I would too if you served SPAM and double anchovies.  


j/k


----------



## smoke king (Oct 24, 2008)

Jeekinz said:


> I would too if you served SPAM and double anchovies.  j/k




Well played, my friend......well played.


----------



## quicksilver (Oct 24, 2008)

I, like GB, am the purist. Just steamed or boiled with alittle white liquor in the boil, served with much butter and lemon. And the best part - the claws!
But, if someone would hand me some chicken fried, I know I wouldn't turn it down. LOL! Give me more.!


----------



## Michelemarie (Oct 24, 2008)

I love lobster but this is something I would never order.
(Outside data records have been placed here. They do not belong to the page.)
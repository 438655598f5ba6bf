// The options of an alternative in hand, and those that a spliced alternative adds to them.
ghost use Rattle.std.specs.Prelude.{ℕ, ◌≡◌, List, ◌++◌, ◌+◌, ◌*◌, ◌<◌, ◌≤◌, length};
ghost use Rattle.grammar.specs.Numbers.{most_words};
ghost use Rattle.grammar.specs.Tree.{OptionDecl};
ghost use Rattle.grammar.specs.Words.{words};
ghost use Rattle.grammar.specs.Found.{FoundAlternative};
ghost use Rattle.planned.specs.Layout.{options_from, option_of, meaning};
ghost use Rattle.planned.specs.List.{Located, ListedIn};
ghost use Rattle.splices.specs.Moves.{OptionsAdded};
ghost use Rattle.planned.specs.Laws.Parts.{Copied};
ghost use Rattle.splices.specs.Options.{meets, GivenAt, standing_options, OptionsIn, PutIfNew, OptionsFit, OptionsPut};
ghost use Rattle.words.specs.Sheet.{text};

use crate::places::option_count;
use planned::halves::{half, move_halves, put_half};
use planned::list::Listed;
use words::sheet::Sheet;
use words::words::word;

// An option against others: none has its name; or the first that has it has the same value, or another.
// Stays: of its three cases an Option<bool> would name none, and `Some(false)` would be the one that refuses.
#[derive(Clone, Copy, Debug, PartialEq, Eq)]
pub enum Meets {
    New,
    Same,
    Other,
}

// Against n options, of which the i-th stands at `place(i)`.
fn meets_among<F: Fn(usize) -> usize>(s: &[u8], n: usize, place: F, name: u32, value: u32) -> Meets
    requires callable { (i : ℕ) → i < n → F.pre place i }
    requires in_bounds { (i p : ℕ) → i < n → F.post place i p → 4 * (p + 1) + 4 ≤ length s.now }
    ensures { (os : List OptionDecl) → length os ≡ n → GivenAt (words s.now) (F.post place) os
        → result ≡ meets os (record { name = name; value = value }) }
{
    for i in 0..n {
        let p = place(i);
        if word(s, p) == name {
            return if word(s, p + 1) == value {
                Meets::Same
            } else {
                Meets::Other
            };
        }
    }
    Meets::New
}

// Against n options listed from half `from` on.
fn meets_listed(
    s: &Sheet,
    depth: u32,
    work: &[u8],
    from: usize,
    n: usize,
    name: u32,
    value: u32,
) -> Meets
    requires { OptionsIn (text s.now) s.now.end depth work.now from n }
    ensures { result ≡ meets (options_from (text s.now) s.now.end depth work.now from n)
        (record { name = name; value = value }) }
{
    meets_among(
        s.bytes,
        n,
        |i| usize::from(half(work, from + i)),
        name,
        value,
    )
}

// Against n options that stand from `at` on.
fn meets_standing(s: &Sheet, depth: u32, at: usize, n: usize, name: u32, value: u32) -> Meets
    requires { at + 2 * n ≤ s.now.end }
    ensures { result ≡ meets (standing_options (text s.now) s.now.end depth at n) (record { name = name; value = value }) }
{
    meets_among(s.bytes, n, |i| at + 2 * i, name, value)
}

// Option j of the alternative at `at`, against those in hand, then against its own in front of it.
fn option_meets(s: &Sheet, depth: u32, work: &[u8], h: Listed, at: usize, j: usize) -> Meets
    requires bounds { OptionsIn (text s.now) s.now.end depth work.now h.o h.no }
    requires j_bound { at + 7 + 2 * j ≤ s.now.end }
    ensures { result ≡ meets (options_from (text s.now) s.now.end depth work.now h.o h.no
        ++ standing_options (text s.now) s.now.end depth (at + 5) j)
        (option_of (text s.now) s.now.end depth (at + 5 + 2 * j)) }
{
    let name = word(s.bytes, at + 5 + 2 * j);
    let value = word(s.bytes, at + 5 + 2 * j + 1);
    match meets_listed(s, depth, work, h.o, h.no, name, value) {
        Meets::New => meets_standing(s, depth, at + 5, j, name, value),
        met => met,
    }
}

// How many options the alternative at `at` adds to those in hand; none where two of one name have two values.
pub fn options_added(s: &Sheet, depth: u32, work: &[u8], h: Listed, at: usize) -> Option<usize>
    requires bounds { Located work.now h × ListedIn (text s.now) s.now.end depth work.now h }
    requires found_alternative { FoundAlternative (text s.now) s.now.end depth at }
    ensures { OptionsAdded (text s.now) s.now.end depth at
        (meaning (text s.now) s.now.end depth work.now h).options result }
{
    let n = option_count(s, depth, at);
    let mut added: usize = 0;
    for j in 0..n {
        match option_meets(s, depth, work, h, at, j) {
            Meets::New => added += 1,
            Meets::Same => {}
            Meets::Other => return None,
        }
    }
    Some(added)
}

// Option j of the alternative at `at` is listed at half `to`, if it is new; returned is where the next one comes.
fn put_if_new(
    s: &Sheet,
    depth: u32,
    work: &mut [u8],
    h: Listed,
    at: usize,
    j: usize,
    to: usize,
) -> usize
    requires bounds { OptionsIn (text s.now) s.now.end depth work.old h.o h.no }
    requires j_bound { (at + 7 + 2 * j ≤ s.now.end) × (s.now.end ≤ most_words) × (2 * (to + 1) ≤ length work.old) }
    ensures { PutIfNew (meets (options_from (text s.now) s.now.end depth work.old h.o h.no
        ++ standing_options (text s.now) s.now.end depth (at + 5) j)
        (option_of (text s.now) s.now.end depth (at + 5 + 2 * j)))
        work.old work.new (at + 5 + 2 * j) to result }
{
    match option_meets(s, depth, work, h, at, j) {
        Meets::New => {
            put_half(work, to, (at + 5 + 2 * j) as u16);
            to + 1
        }
        Meets::Same | Meets::Other => to,
    }
}

// From half `to` on stand the options in hand; behind them come those that the alternative at `at` adds. Returned is where they end.
fn put_new_options(s: &Sheet, depth: u32, work: &mut [u8], h: Listed, at: usize, to: usize) -> usize
    requires bounds { (s.now.end ≤ most_words) × Located work.old h
        × OptionsIn (text s.now) s.now.end depth work.old h.o h.no }
    requires found_alternative { FoundAlternative (text s.now) s.now.end depth at × (to ≤ h.o) }
    requires options_fit { OptionsFit (text s.now) s.now.end depth at work.old h to × Copied work.old work.old h.o to h.no }
    ensures { OptionsPut (text s.now) s.now.end depth at h work.old work.new to result }
{
    let n = option_count(s, depth, at);
    let mut t = to + h.no;
    for j in 0..n {
        t = put_if_new(s, depth, work, h, at, j, t);
    }
    t
}

// The options in hand, and those that the alternative at `at` adds, listed from half `to` on; returned is where they end.
pub fn put_options(s: &Sheet, depth: u32, work: &mut [u8], h: Listed, at: usize, to: usize) -> usize
    requires bounds { (s.now.end ≤ most_words) × Located work.old h
        × OptionsIn (text s.now) s.now.end depth work.old h.o h.no }
    requires found_alternative { FoundAlternative (text s.now) s.now.end depth at × (to ≤ h.o) }
    requires options_fit { OptionsFit (text s.now) s.now.end depth at work.old h to }
    ensures { OptionsPut (text s.now) s.now.end depth at h work.old work.new to result }
{
    move_halves(work, h.o, to, h.no);
    put_new_options(s, depth, work, h, at, to)
}
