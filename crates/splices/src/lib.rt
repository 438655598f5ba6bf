// What comes from the sheet into the planned list: the hub's own alternatives, and a satellite's in place of a call.
#![tactic(auto)]

pub mod bring;
pub mod options;
mod places;
pub mod splice;
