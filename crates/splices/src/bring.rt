// A hub's own alternative comes into the hand, as it is.
ghost use Rattle.std.specs.Prelude.{◌≤◌, length};
ghost use Rattle.grammar.specs.Numbers.{most_words, work_bytes};
ghost use Rattle.grammar.specs.Found.{FoundAlternative};
ghost use Rattle.splices.specs.Moves.{Brought};
ghost use Rattle.words.specs.Sheet.{text};

use crate::places::{parts_at, put_option_places, put_places};
use planned::list::{Hand, Listed, Mark};
use words::sheet::Sheet;

// The hub's alternative at `at`: the places of its elements and options, and a mark for the slot.
pub fn hub_in_hand(s: &Sheet, depth: u32, at: usize, work: &mut [u8]) -> Listed
    requires bounds { (s.now.end ≤ most_words) × (work_bytes ≤ length work.old) }
    requires found_alternative { FoundAlternative (text s.now) s.now.end depth at }
    ensures { Brought (text s.now) s.now.end depth at work.old work.new result }
{
    let parts = parts_at(s, depth, at);
    let ne = parts.ne;
    let no = parts.no;
    let e = Hand::END - ne;
    let _ = put_places(s, depth, parts.count, parts.first, work, e);
    put_option_places(no, at + 5, work, Hand::OPTIONS);
    let place = at as u16;
    Listed {
        slot: Mark::BIT + place,
        origin: place,
        ne,
        no,
        e,
        o: Hand::OPTIONS,
    }
}
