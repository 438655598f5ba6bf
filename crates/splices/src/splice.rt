// A satellite's alternatives in place of an element of the alternative in hand, on top of the stack.
ghost use Rattle.std.specs.Prelude.{◌≡◌, ◌+◌, ◌-◌, ◌<◌, ◌≤◌};
ghost use Rattle.grammar.specs.Numbers.{most_words};
ghost use Rattle.grammar.specs.Tree.{inner_depth};
ghost use Rattle.grammar.specs.Found.{FoundElements, FoundAlternative, FoundRule};
ghost use Rattle.words.specs.Room.{Room};
ghost use Rattle.planned.specs.List.{Laid, HasRoom, Located};
ghost use Rattle.splices.specs.Moves.{Spliceable, PushedSplice};
ghost use Rattle.planned.specs.Laws.Kept.{with_top};
ghost use Rattle.splices.specs.Splice.{ElementsPut, HandIn, PartsFit, PartsPut, OneFits, OnePut, AllFit, AllPut};
ghost use Rattle.words.specs.Sheet.{text};

use crate::options::put_options;
use crate::places::{parts_at, put_places};
use planned::halves::move_halves;
use planned::hand::place;
use planned::list::{Cursor, Listed, Sizes};
use planned::record::put_head;
use words::numbers::Block;
use words::sheet::Sheet;

// The elements in hand, with the n from `at` on in place of the one at an index, listed from half `to` on; returned is where
// those end.
fn put_elements(
    s: &Sheet,
    work: &mut [u8],
    h: Listed,
    index: usize,
    count: u32,
    at: usize,
    to: usize,
) -> usize
    requires bounds { (s.now.end ≤ most_words) × Located work.old h × (index < h.ne) }
    requires found_elements { FoundElements (text s.now) s.now.end inner_depth count at × (at ≤ s.now.end)
        × (to + (h.ne - 1 + count) ≤ h.e) }
    ensures { ElementsPut (text s.now) s.now.end inner_depth h index count at work.old work.new to result }
{
    let next = index + 1;
    let mid = to + index;
    let back = mid + count as usize;
    let rest = h.ne - next;
    move_halves(work, h.e, to, index);
    let r = put_places(s, Block::DEPTH, count, at, work, mid);
    move_halves(work, h.e + next, back, rest);
    r
}

// The next alternative of the satellite, and where its record comes.
#[derive(Clone, Copy, Debug, PartialEq, Eq)]
struct Spot {
    at: usize,
    to: Cursor,
}

// How many elements a record has, and where its options end; and where the elements end that were taken from the sheet.
#[derive(Clone, Copy, Debug, PartialEq, Eq)]
struct Ends {
    at: usize,
    ne: usize,
    back: usize,
}

// Elements and options of what the alternative at `at` becomes, from two halves on.
fn put_parts(
    s: &Sheet,
    work: &mut [u8],
    h: Listed,
    index: usize,
    at: usize,
    e: usize,
    to: usize,
) -> Ends
    requires bounds { (s.now.end ≤ most_words) × HandIn (text s.now) s.now.end inner_depth h index work.old }
    requires found_alternative { FoundAlternative (text s.now) s.now.end inner_depth at × (to ≤ h.o) }
    requires parts_fit { PartsFit (text s.now) s.now.end inner_depth h at work.old e to }
    ensures { PartsPut (text s.now) s.now.end inner_depth h index at work.old work.new
        e to result.at result.ne result.back }
{
    let p = parts_at(s, Block::DEPTH, at);
    let ne = h.ne - 1 + p.ne;
    let next = put_elements(s, work, h, index, p.count, p.first, e);
    let back = put_options(s, Block::DEPTH, work, h, at, to);
    Ends { at: next, ne, back }
}

// What the alternative at `f.at` becomes, as a record; returned is what comes next.
fn put_one(s: &Sheet, work: &mut [u8], h: Listed, index: usize, f: Spot) -> Spot
    requires bounds { (s.now.end ≤ most_words) × HandIn (text s.now) s.now.end inner_depth h index work.old }
    requires found_alternative { FoundAlternative (text s.now) s.now.end inner_depth f.at }
    requires one_fits { OneFits (text s.now) s.now.end inner_depth h f.at work.old f.to.a f.to.e f.to.o }
    ensures a_value { result.to.a ≡ f.to.a + 1 }
    ensures one_put { OnePut (text s.now) s.now.end inner_depth h index f.at work.old work.new
        f.to.a f.to.e f.to.o result.to.e result.to.o result.at }
{
    let options = Sizes::FIRST_OPTION + f.to.o;
    let next = f.to.a + 1;
    let slot = place(h.slot);
    let r = put_parts(s, work, h, index, f.at, f.to.e, options);
    let origin = f.at as u16;
    put_head(work, f.to.a, slot, origin, r.ne, r.back - options);
    Spot {
        at: r.at,
        to: Cursor {
            a: next,
            e: f.to.e + r.ne,
            o: r.back - Sizes::FIRST_OPTION,
        },
    }
}

// What the n alternatives from `f.at` on become, as records on the stack of l.
fn put_all(
    s: &Sheet,
    work: &mut [u8],
    l: Sizes,
    h: Listed,
    index: usize,
    n: usize,
    f: Spot,
) -> Sizes
    requires bounds { (s.now.end ≤ most_words) × HandIn (text s.now) s.now.end inner_depth h index work.old }
    requires all_fit { AllFit (text s.now) s.now.end inner_depth h index n f.at work.old f.to.a f.to.e f.to.o l.top.e l.top.o }
    ensures value { result ≡ with_top l f.to.a f.to.e f.to.o }
    ensures all_put { AllPut (text s.now) s.now.end inner_depth h index n f.at work.old work.new
        f.to.a f.to.e f.to.o l.top.e l.top.o }
{
    let mut p = f;
    for _ in 0..n {
        p = put_one(s, work, h, index, p);
    }
    Sizes { top: f.to, ..l }
}

// How many alternatives, elements and options a splice comes to.
// Stays: no `Cursor`, though that has three numbers by these names too. A size is how much, and is added up and held to limits; a
// cursor is where, and a size is taken off it.
#[derive(Clone, Copy, Debug, Default, PartialEq, Eq)]
pub struct Size {
    pub a: usize,
    pub e: usize,
    pub o: usize,
}

// The alternatives of the rule at `at`, each in place of the element at an index of the alternative in hand, come on top of the
// stack.
pub fn push_splice(
    s: &Sheet,
    work: &mut [u8],
    l: Sizes,
    h: Listed,
    index: usize,
    at: usize,
    z: Size,
) -> Sizes
    requires bounds { (s.now.end ≤ most_words) × (at + 4 ≤ s.now.end) × FoundRule (text s.now) s.now.end at }
    requires laid { Laid work.old l × HasRoom l z.a z.e z.o × HandIn (text s.now) s.now.end inner_depth h index work.old }
    requires spliceable { Spliceable (text s.now) s.now.end inner_depth at work.old h index z.a z.e z.o }
    ensures { PushedSplice (text s.now) s.now.end inner_depth at work.old work.new
        l result h index z.a z.e z.o }
{
    let f = Spot {
        at: at + 4,
        to: Cursor {
            a: l.top.a - z.a,
            e: l.top.e - z.e,
            o: l.top.o - z.o,
        },
    };
    put_all(s, work, l, h, index, z.a, f)
}
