// Lowers the rent of the machine that a task has to what it would pay elsewhere.
fn lower_for(case: &Case, rents: &mut [u64], task: usize, choice: Choice, lowest: usize) -> Lowered
    requires task { task < length case.now.tasks }
    requires place { IsPlace (length case.now.slots) choice }
    requires one_each { length rents.old ≡ length case.now.slots }
    requires small { (j : ℕ) → slice_index rents.old j ≤ 2 ^ 40 }
    requires lowest { 0 < length case.now.slots → lowest < length case.now.slots }
    ensures lowest { 0 < length case.now.slots → result.lowest < length case.now.slots }
    ensures one_each { length rents.new ≡ length case.now.slots }
    ensures falls { IsBelow rents.new rents.old }
    ensures within { (bounds : List ℕ) (less more : ℕ) → less ≤ more → IsWithin bounds rents.old less more
        → ((other : ChoiceOf) → IsPlace (length case.now.slots) other
        → paid case.now bounds (task_at case.now task) choice ≤ paid case.now bounds (task_at case.now task) other)
        → IsWithin bounds rents.new less more }
{
    let Choice::On(machine) = choice else {
        return Lowered {
            fell: false,
            lowest,
        };
    };
    let place = machine as usize;
    let pays = pays_elsewhere(case, rents, task, lowest);
    let fell = lower_to(
        rents,
        place,
        pays.saturating_sub(case.cost_of_choice(task, choice)),
    );
    Lowered {
        fell,
        lowest: if rents[place] < rents[lowest] {
            place
        } else {
            lowest
        },
    }
}

// The least that the task would pay: for a machine of the lowest rent, its own or one it prefers, or to wait.
fn pays_elsewhere(case: &Case, rents: &[u64], task: usize, lowest: usize) -> u64
    requires task { task < length case.now.tasks }
    requires one_each { length rents.now ≡ length case.now.slots }
    requires small { (j : ℕ) → slice_index rents.now j ≤ 2 ^ 40 }
    requires lowest { lowest < length case.now.slots }
    ensures { (bounds : List ℕ) (less more least : ℕ) → less ≤ more → IsWithin bounds rents.now less more
        → ((other : ChoiceOf) → IsPlace (length case.now.slots) other
        → least ≤ paid case.now bounds (task_at case.now task) other) → least + less ≤ result + more }
{
    let wide = case.wide_cost(task) + rents[lowest];
    let mut most = wide.min(case.cost_of_choice(task, Choice::Wait));
    let near = case.near(task);
    for place in near.as_slice() {
        most = most.min(pays_on(case, rents, task, *place));
    }
    most
}

// The task's price of the machine.
fn pays_on(case: &Case, rents: &[u64], task: usize, place: u32) -> u64
    requires task { task < length case.now.tasks }
    requires place { place < length case.now.slots }
    requires one_each { length rents.now ≡ length case.now.slots }
    requires small { (j : ℕ) → slice_index rents.now j ≤ 2 ^ 40 }
    ensures { (bounds : List ℕ) (less more least : ℕ) → less ≤ more → IsWithin bounds rents.now less more
        → ((other : ChoiceOf) → IsPlace (length case.now.slots) other
        → least ≤ paid case.now bounds (task_at case.now task) other) → least + less ≤ result + more }
{
    case.cost_of_choice(task, Choice::On(place)) + rents[place as usize]
}

// These rents, with that of the choice's machine, if it is one, lowered to this rent.
fn capped(alloc: Global, rents: &Rents, choice: Choice, most: u64) -> Result<Vec<u64>, AllocError>
    requires { IsPlace (length rents.now) choice }
    ensures one_each { IfOk result (λ table. length table.items ≡ length rents.now) }
    ensures small { IfOk result (λ table. (j : ℕ) → slice_index table.items j ≤ 2 ^ 40) }
    ensures capped { IfOk result (λ table. rent table.items choice ≤ most) }
    ensures within { IfOk result (λ table. (bounds : List ℕ) → most ≤ rent bounds choice
        → IsWithin bounds rents.now 0 0 → IsWithin bounds table.items most (rent bounds choice)) }
{
    let mut table = Vec::from_slice(alloc, rents.as_slice())?;
    cap(&mut table, choice, most);
    Ok(table)
}

// Lowers the rent of the machine of a choice, if it is one, to this rent.
fn cap(rents: &mut [u64], choice: Choice, most: u64)
    requires { IsPlace (length rents.old) choice }
    ensures one_each { length rents.new ≡ length rents.old }
    ensures falls { IsBelow rents.new rents.old }
    ensures capped { rent rents.new choice ≤ most }
    ensures within { (bounds : List ℕ) → most ≤ rent bounds choice → IsWithin bounds rents.old 0 0
        → IsWithin bounds rents.new most (rent bounds choice) }
{
    let Choice::On(machine) = choice else {
        return;
    };
    lower_to(rents, machine as usize, most);
}

// Lowers the rent of a machine to this one, if that is less; returns whether it fell.
fn lower_to(rents: &mut [u64], place: usize, most: u64) -> bool
    requires { place < length rents.old }
    ensures { rents.new ≡ set rents.old place (min (slice_index rents.old place) most) }
{
    let falls = most < rents[place];
    rents[place] = rents[place].min(most);
    falls
}

// The place of a lowest rent, or 0.
fn lowest_place(rents: &[u64]) -> usize
    ensures { 0 < length rents.now → result < length rents.now }
{
    let mut lowest = 0;
    for place in 0..rents.len() {
        if rents[place] < rents[lowest] {
            lowest = place;
        }
    }
    lowest
}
I'm not much into a "chicken fried" anything - however, I would sneak a taste off of someone's plate just out of curiousity.


----------



## Sedagive (Oct 25, 2008)

Some of the best lobster I ever had was in Mexico.  They split the lobster lengthwise and then deep fry them.  They came out moist, tender and delicious.  Not greasy at all.  Served with beans, rice, handmade tortillas and ice cold beer.  Yum.


----------



## Kuijt (Oct 26, 2008)

try before you...die


----------



## NAchef (Nov 1, 2008)

I could eat lobster every day!  After reading this I want to go to the store and get some!!


----------